CNFETプロセッサの評価基盤の開発では,CNFET製SRAMのアーキテクチャレベルの電力/遅延シミュレーションが可能な環境を開発した.上記の環境は,シリコンMOSFET製SRAMの電力/遅延シミュレータであるCACTIをベースとし,CACTI内で電力と遅延の見積もりに使用されているモデルをCNFETに対応したモデルに変更することで構築した.評価の結果,開発したシミュレータは高精度な回路シミュレータであるSPICEと比較して,20%以内の誤差でSRAM内部回路の消費電力と遅延の見積もりが可能なことを確認した.なお,SRAMはキャッシュ等に使用されるプロセッサ内の主要なモジュールであり,本研究成果は当該モジュールをCNFET化した際の電力と遅延を高速かつ容易に見積もることができるようにするものである.

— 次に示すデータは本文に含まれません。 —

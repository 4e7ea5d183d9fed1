//! Numbers of nodes, and their sum: XPath 1.0, section 4.4.

ghost use Rattle.std.specs.Prelude.{◌≡◌, IfOk, List};
ghost use Rattle.xml_model.specs.Tree.{Entry, Identifies};
ghost use Rattle.vtd_words.specs.Table.{IsNodeOf};
ghost use Rattle.xpath_values.specs.Numbers.{IsNumber, number_of_text};
ghost use Rattle.xpath_values.specs.Values.{Meant, string_value, sum_of_nodes};
ghost use Rattle.xpath_meaning.specs.Context.{Context, nodes_in};
ghost use Rattle.xpath_meaning.specs.Functions.{argument};
ghost use Rattle.xpath_meaning.specs.Scope.{AreFewOf, AreHeld, AreNodes, AreValuesOf, IsPlace, IsScope};

use vtd_words::Words;
use xml_model::Node;
use xpath_meaning::{Place, Scope, Values, nodes_at, place_at, table_of};
use xpath_values::{Number, ValueFault, number_seen, sum_next, sum_start, sum_value};

/// The number of a node's string-value.
pub fn number_there<W: Words>(scope: &Scope<'_, '_, W>, place: Place) -> Result<Number, ValueFault>
    requires { IsPlace scope.now place }
    ensures number { (c : Context) → IsScope scope.now c → (e : Entry) →
        Identifies place.node.kind place.node.at e c.document → result ≡ number_of_text (string_value e) }
    ensures fits { IfOk result IsNumber }
{
    number_seen(table_of(scope), place.node)
}

/// The sum of the numbers of nodes; all are converted, in their order, before any is added.
fn sum_of<W: Words>(scope: &Scope<'_, '_, W>, nodes: &[Node]) -> Result<Number, ValueFault>
    requires { AreFewOf scope.now nodes.now }
    ensures sum { (c : Context) → IsScope scope.now c →
        (es : List Entry) → AreNodes c.document nodes.now es → result ≡ sum_of_nodes es }
    ensures fits { IfOk result IsNumber }
{
    let mut sum = sum_start();
    for i in 0..nodes.len() {
        match number_there(scope, place_at(scope, nodes, i)) {
            Ok(number) => sum = sum_next(sum, number),
            Err(fault) => return Err(fault),
        }
    }
    sum_value(sum)
}

/// The sum of the numbers of the nodes of the first argument. It takes one pass over their string-values, and no
/// memory.
pub fn sum<W: Words>(scope: &Scope<'_, '_, W>, arguments: &Values) -> Result<Number, ValueFault>
    requires { AreValuesOf scope.now arguments.now }
    ensures number { (c : Context) → IsScope scope.now c → (vs : List Meant) →
        AreHeld c.document arguments.now vs → result ≡ sum_of_nodes (nodes_in (argument 0 vs)) }
    ensures fits { IfOk result IsNumber }
{
    sum_of(scope, nodes_at(scope, arguments))
}
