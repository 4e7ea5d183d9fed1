//! New bytes that are written to files in memory.

ghost use Rattle.std.specs.Prelude.{◌≡◌, ◌<◌, None, length, IfOk};

use std::alloc::{AllocError, Global};
use vtd_edits::{Edits, spliced};
use vtd_outside::MemoryFiles;
use vtd_writing::write;

/// The name of the file.
const NAME: &str = "f";

/// Files of which the call of that number fails, with room for so many bytes, and in which a call moves so many.
fn files_for(
    alloc: Global,
    failing: u32,
    piece: usize,
    room: u32,
) -> Result<MemoryFiles, AllocError>
    requires { 0 < piece }
    ensures { IfOk result (λ files. files.writing ≡ None) }
{
    let failing = [failing].to_vec(alloc)?;
    let mut files = MemoryFiles::new(alloc, failing, piece);
    if files.prepare(NAME, u64::from(room)).is_err() {
        return Err(AllocError);
    }
    Ok(files)
}

/// Writes the new bytes to a file, and writes how that went and what the file then holds.
pub fn write_saved(
    alloc: Global,
    out: &mut String,
    document: &[u8],
    edits: &Edits,
    failing: u32,
    piece: usize,
) -> Result<(), AllocError>
    requires piece { 0 < piece }
    requires length { length document.now ≡ edits.now.len }
{
    let mut files = files_for(alloc, failing, piece, edits.length())?;
    match write(NAME, document, edits, &mut files) {
        Ok(()) => out.push_str("saved")?,
        Err(fault) => write!(out, "{fault}")?,
    }
    match files.bytes_of(NAME) {
        Some(bytes) => {
            let text = str::from_utf8(bytes).unwrap_or("?");
            write!(out, " {text};")
        }
        None => out.push_str(" none;"),
    }
}

/// Writes the new bytes to a file, and whether it holds the same as they are in memory, with how many there are.
pub fn compare_written(
    alloc: Global,
    out: &mut String,
    document: &[u8],
    edits: &Edits,
    piece: usize,
) -> Result<(), AllocError>
    requires piece { 0 < piece }
    requires length { length document.now ≡ edits.now.len }
{
    let mut files = files_for(alloc, u32::MAX, piece, edits.length())?;
    let Ok(made) = spliced(alloc, document, edits) else {
        return Err(AllocError);
    };
    let written = write(NAME, document, edits, &mut files).is_ok();
    let same = files.bytes_of(NAME) == Some(made.as_slice());
    out.push_str(if written && same { "same " } else { "other " })?;
    let length = edits.length();
    write!(out, "{length};")
}
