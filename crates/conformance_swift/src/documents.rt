//! The records of a document with more and more white space before and behind it.

use std::alloc::{AllocError, Global};
use vtd_builder::{BuildFault, build};
use vtd_words::{Part, Words};

/// How much white space is before a document, and how much behind it.
const BEFORE: usize = 17;

const BEHIND: usize = 80;

/// What is known of a document: the words of its records, or why it is refused.
#[derive(Drop)]
struct Known {
    words: Vec<u64>,
    fault: Option<BuildFault>,
}

fn known_of(alloc: Global, bytes: Vec<u8>) -> Result<Known, AllocError> {
    let mut words = Vec::new(alloc);
    if bytes.len() >= 1 << 30 {
        return Ok(Known { words, fault: None });
    }
    match build(alloc, bytes) {
        Ok(doc) => {
            let records = doc.words();
            for at in 0..records.len(Part::Records) {
                words.push(records.word(Part::Records, at))?;
            }
            Ok(Known { words, fault: None })
        }
        Err((_, fault)) => Ok(Known {
            words,
            fault: Some(fault),
        }),
    }
}

/// A document with white space before it and behind it.
fn padded(alloc: Global, text: &str, before: usize, behind: usize) -> Result<Vec<u8>, AllocError> {
    let mut bytes = Vec::new(alloc);
    for _ in 0..before {
        bytes.push(b' ')?;
    }
    bytes.extend_from_slice(text.as_bytes())?;
    for _ in 0..behind {
        bytes.push(b'\n')?;
    }
    Ok(bytes)
}

/// Whether the same is known of a document with white space behind it, by so many bytes.
fn is_same(alloc: Global, text: &str, before: usize, alone: &Known) -> Result<bool, AllocError> {
    for behind in 0..BEHIND {
        let other = known_of(alloc, padded(alloc, text, before, behind)?)?;
        if other.words.as_slice() != alone.words.as_slice() || other.fault != alone.fault {
            return Ok(false);
        }
    }
    Ok(true)
}

/// How many records a document has, or why it is refused, and where that is otherwise with white space behind it.
pub fn write(alloc: Global, out: &mut String, text: &str) -> Result<(), AllocError> {
    let first = known_of(alloc, padded(alloc, text, 0, 0)?)?;
    match first.fault {
        None => write!(out, "{} records", first.words.len())?,
        Some(fault) => write!(out, "{fault:?}")?,
    }
    for before in 0..BEFORE {
        let alone = known_of(alloc, padded(alloc, text, before, 0)?)?;
        if alone.words.len() != first.words.len() || !is_same(alloc, text, before, &alone)? {
            write!(out, ", otherwise at {before}")?;
        }
    }
    Ok(())
}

CNFETプロセッサの詳細評価では,インオーダ実行を行うOpenSPARC T2とアウトオブオーダ実行を行うRSDの2つのプロセッサに対して昨年度開発したCNFETスタンダードセルライブラリを用いて配置配線を行い,CNFET化がプロセッサ内の各ユニットの電力/遅延/面積に与える影響を評価した.評価の結果,7nm FinFETと比較して7nm CNFETによって各ユニットの面積は約2倍に悪化するものの,消費電力は約1/3に低減されることが確認できた.また,CNFET化による遅延の変化率はユニットによって大きく異なることを確認した.さらにCNFETプロセッサ向けの設計最適化手法として,論理合成時に面積制約を与える必要がないことがわかった.